The PPP/C is deaf to the public clamour for local government elections


Stabroek News has invited the People’s Progressive Party/Civic (PPP/C), A Partnership for National Unity and the Alliance for Change  to submit a weekly column on local government and related matters.  The PPP/C has declined the offer.

Public clamour for the holding of local government elections – due since 1997 – has been insistent over the years. A Partnership for National Unity has been making regular calls beginning in early 2012. Political party leaders, civil society and members of the diplomatic community in 2013 voiced their hope that these long overdue elections would finally be held.

A joint statement was issued by civil society organizations and western missions on March 5th, 2014. They all urged that local government elections be held by the present Parliamentary deadline of August 1st, 2014.

The signatories to this statement were the Berbice Chamber of Commerce, the British High Commission, the Consultative Association of Guyanese Industry, the Embassy of the United States of America, the Georgetown Chamber of Commerce and Industry, the Guyana Association of Women Lawyers, the Guyana Bar Association, the Guyana Manufacturing and Services Association, the Guyana Trades Union Congress, the High Commission of Canada, the Justice Institute, the Private Sector Commission and Transparency Institute Guyana Inc.

20140508APNUThe latest to join the chorus calling on the government to discharge its responsibility to hold these elections is an organization called Blue CAPS comprising young Guyanese. In a letter published in SN of May 4, 2014 the fourteen signatories state that it boggles their minds that those responsible “have allowed this travesty to go on unresolved.” They highlighted the many adverse effects that flow from it. Going beyond the more mundane aspects of local government, they make the point that “if young people become disconnected (from political and civic participation), the consequences for the nation could prove costly”.

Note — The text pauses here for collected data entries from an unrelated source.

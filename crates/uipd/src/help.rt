//! The texts of the program.

ghost use Rattle.uip_edge.specs.Prelude.{sink_view};
ghost use Rattle.uipd.specs.Help.{Shows};

use crate::status::Status;
use uip_edge::Sink;

/// The text of `--help`: each command in a line, the statuses, and where to read more.
pub(crate) const HELP: &[u8] = b"\
uipd: ping and web pages over a serial line (SLIP), from one small stack

  uipd serve SITE ADDR [pace K] [items N] [tty]      serve the line on standard input and output
  uipd ether SITE ADDR MAC [pace K] [items N] [tty]  the same over Ethernet frames
  uipd desk SITE ADDR [pace K] [items N] [tty]       serve pages, and a shell at port 23
  uipd check SITE                                    list an image's files, or its first fault
  uipd pack NAME=FILE ..                             write the image of files
  uipd upgrade SITE [NAME=TYPE ..]                   write the image with content types
  uipd page SITE TARGET                              write a page as a fresh node serves it
  uipd replay SITE SCHEDULE [show]                   play a schedule with clients, and report
  uipd load SITE SEED CLIENTS                        play the schedule that a number makes
  uipd dump [items N] [tty]                          write a line of text for each frame
  uipd pcap [items N] [tty]                          write a capture file of the line
  uipd slip [items N]                                write the serial line of a capture file
  uipd resolve OWN SERVER ID [items N] NAME .. [tty] ask a DNS server for names over the line
  uipd --help                                        write this
  uipd --version                                     write the version

SITE is the file of an image, or - for a site without files. ADDR is the address of the node.
pace K: each K-th byte is a tick; tty: so is a read of nothing; items N: stop behind N of both.

Exit status: 0 done, 1 no such words, 2 a file failed, 3 the line failed, 4 the output failed,
5 N items were taken, 6 a bad image, 7 a bad schedule, 8 out of memory, 9 a bad capture file.

Read more: man uipd, README.md, docs/FORMATS.md, docs/LIMITS.md
";

/// The text of `--version`.
pub(crate) const VERSION: &[u8] = b"uipd 1.1\n";

/// Writes a text of the program.
pub(crate) fn show<K: Sink>(text: &[u8], out: &mut K) -> Status
    ensures { Shows text.now (sink_view K.Sink out.old) (sink_view K.Sink out.new) result }
{
    match out.write_whole(text) {
        Ok(()) => Status::Done,
        Err(_) => Status::WriteFault,
    }
}
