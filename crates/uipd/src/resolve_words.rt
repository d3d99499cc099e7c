//! The words of `resolve`.

ghost use Rattle.std.specs.Prelude.{◌≡◌, map, option_map, string_bytes};
ghost use Rattle.uipd.specs.ResolveWords as meant;

use crate::words::{ends_in_tty, number_of, within};
use arrayvec::ArrayVec;
use std::marker::Model;
use udp_resolver::{MOST_NAMES, Name};
use uip_wire::Addr;

/// What the words of `resolve` ask for: to query a server at an address for names, the first of them with this id. At most
/// `items` items are consumed.
/// [add: told-command] What its words ask for.
#[derive(Drop)]
pub struct Resolving {
    pub own: Addr,
    pub server: Addr,
    pub id: u16,
    pub names: ArrayVec<Name, MOST_NAMES>,
    pub items: u64,
}

impl Model for Resolving {
    ghost use Rattle.uipd.specs.ResolveWords.{Resolving as Plain};

    ghost Value = { Plain };

    ghost view = { λ r. record { own = r.own; server = r.server; id = r.id; names = r.names.items; items = r.items } };
}

/// Parses words that begin with `resolve`, if they have its form.
pub fn resolving_of(words: &[String]) -> Option<Resolving>
    ensures { result ≡ meant.resolving_of (map string_bytes words.now) }
{
    match words {
        [command, words @ ..] if command.as_str() == "resolve" => resolve_words(words),
        _ => None,
    }
}

/// Parses the words after `resolve`: `OWN SERVER ID`, and further words.
fn resolve_words(words: &[String]) -> Option<Resolving>
    ensures { result ≡ meant.resolve_words (map string_bytes words.now) }
{
    match words {
        [own, server, id, words @ ..] => asked_by(own, server, id, words),
        _ => None,
    }
}

/// Parses optionally `items N`, then the names, then optionally `tty`.
fn asked_by(own: &str, server: &str, id: &str, words: &[String]) -> Option<Resolving>
    ensures { result ≡ meant.asked_by own.now server.now id.now (map string_bytes words.now) }
{
    match words {
        [word, number, rest @ ..] => {
            if word.as_str() == "items" {
                return asked_at(own, server, id, number_of(number)?, rest);
            }
            asked_at(own, server, id, u64::MAX, words)
        }
        _ => asked_at(own, server, id, u64::MAX, words),
    }
}

/// Parses the addresses, the id, the number of items and the words after it.
fn asked_at(own: &str, server: &str, id: &str, items: u64, words: &[String]) -> Option<Resolving>
    ensures { result ≡ meant.asked_at own.now server.now id.now items (map string_bytes words.now) }
{
    Some(Resolving {
        own: Addr::parse(own.as_bytes())?,
        server: Addr::parse(server.as_bytes())?,
        id: within(0, 65535, id)? as u16,
        items,
        names: names_of(without_tty(words))?,
    })
}

/// Returns the words before a last `tty`, which `main` reads.
fn without_tty(words: &[String]) -> &[String]
    ensures { map string_bytes result.now ≡ meant.without_tty (map string_bytes words.now) }
{
    if ends_in_tty(words) {
        &words[..words.len() - 1]
    } else {
        words
    }
}

/// Parses one to four names.
fn names_of(words: &[String]) -> Option<ArrayVec<Name, MOST_NAMES>>
    ensures { option_map (λ names. names.items) result ≡ meant.names_of (map string_bytes words.now) }
{
    if words.is_empty() || words.len() > MOST_NAMES {
        return None;
    }
    let mut names: ArrayVec<Name, MOST_NAMES> = ArrayVec::new();
    for word in words {
        names.push(Name::parse(word.as_bytes())?);
    }
    Some(names)
}
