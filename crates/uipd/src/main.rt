//! The program `uipd`: it serves a line, works on images of sites and plays schedules. It reads its words, and reaches its
//! files, its line and its output only through the traits of `uip_edge`, so the contracts of `run_told` cover all that it does.
//! This file makes the real adapters and turns the result of `run_told` into the process's exit status.
#![tactic(auto)]

#[cfg(test)]
mod adapter_tests;
mod adapters;
#[cfg(test)]
mod desk_tests;
#[cfg(test)]
mod ether_tests;
#[cfg(test)]
mod fault_tests;
mod file_shelf;
#[cfg(test)]
mod harness;
mod help;
#[cfg(test)]
mod load_tests;
mod parts;
#[cfg(test)]
mod replay_tests;
mod replay_work;
#[cfg(test)]
mod resolve_tests;
mod resolve_words;
mod run;
mod run_told;
mod serve;
#[cfg(test)]
mod site_tests;
mod site_work;
mod status;
#[cfg(test)]
mod tests;
mod words;

use adapters::run_over;
use file_shelf::FileShelf;
use status::Status;
use std::process::ExitCode;
use std::{env, io};

/// Reads the words after the program's name and does what they ask for, over the files of the system, standard input, standard
/// output, and standard error for what is reported beside the output.
fn run_words(rt: HostRuntime) -> io::Result<Status> {
    let mut words = Vec::new(rt.alloc());
    for word in env::args(&rt)?.skip(1) {
        words.push(word)?;
    }
    let mut shelf = FileShelf::new(&rt);
    Ok(run_over(
        rt.alloc(),
        &words,
        &mut shelf,
        rt.stdin(),
        rt.stdout(),
        rt.stderr(),
    ))
}

/// Returns the status if the words could not be read: words that are not text are none of the program's.
fn unread(error: &io::Error) -> Status {
    match error.kind() {
        io::ErrorKind::OutOfMemory => Status::NoMemory,
        _ => Status::BadWords,
    }
}

fn main(rt: HostRuntime) -> ExitCode {
    let status = match run_words(rt) {
        Ok(status) => status,
        Err(error) => unread(&error),
    };
    ExitCode::from(status.exit_code())
}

The Blue CAPS argue equally that “if young people know opportunities to connect to their communities do not exist, the local environment could become a feeding ground for negative behaviour that lead to delinquency and a lack of motivation to continue their education”. On the other hand, they argue if young people are engaged and allowed to participate, they will “develop a clearer sense of identity, self worth, etc”.

This is consistent with a philosophy grounded in the democratic paradigm that citizens should be afforded the opportunity to participate in the decision-making processes that affect their lives. It is regrettable to recognize that the PPP/C does not subscribe to this philosophy.

The PPP/C, even as the chorus rises to a crescendo, appears to be tone-deaf. People across the country are forced to endure progressively deteriorating conditions in their communities. These conditions add to daily frustrations but also prevent them from participating in addressing its solution.

The PPP/C must know that, eventually, it will feel the wrath of citizens. Everyone is aware that it is the PPP/C’s desire to control and rule with an iron fist that stands in the way of citizens and their constitutional right to elect councillors to manage community affairs.

The Stabroek News newspaper, following its consistent focus on local government elections issues, announced in a ‘Page One Comment’ on April 30th , 2014 that it will carry on its front page a daily reference to local government elections as a way of reminding the PPP/C administration of its obligations. Therein the observation was made that while not a panacea, the holding of local government elections will offer an opportunity for addressing chronic problems that bedevil people on a daily basis. These problems are of course well known to all. The PPP/C seems to be unconcerned and oblivious to the situation.

The Peoples Progressive Party Civic administration (PPP/C) professes to practise democracy. The reality is quite the opposite. Their actions reveal them to be more despotic than democratic. They espouse a commitment to democracy but subvert the constitution. Nowhere is this more evident than in the constitutional provisions relating to local democracy.

Art. 12 of the constitution states the following: Local government by freely elected representatives of the people is an integral part of the democratic organization of the State. Articles 71-78 B spells out in greater detail, the role and functions of local democratic organs. The PPP/C’s response to these constitutional provisions is that they do not apply to them! Apart from being undesirable and unhealthy, this attitude is untenable.

Guyana is a large country. It cannot be effectively or efficiently managed only from the centre. Our constitution recognizes this, perhaps out of painful experience. It provides for clearly defined decentralization of authority and devolution of power as a consequence. This is consistent with modern-day best practice which accepts that local government is primarily a vehicle through which localities are able to manage local affairs in accordance with the choices and priorities of their citizens.

It is only the obtuseness of the PPP/C that stands in the way of citizens and their desire and constitutional right to improve the conditions in their communities.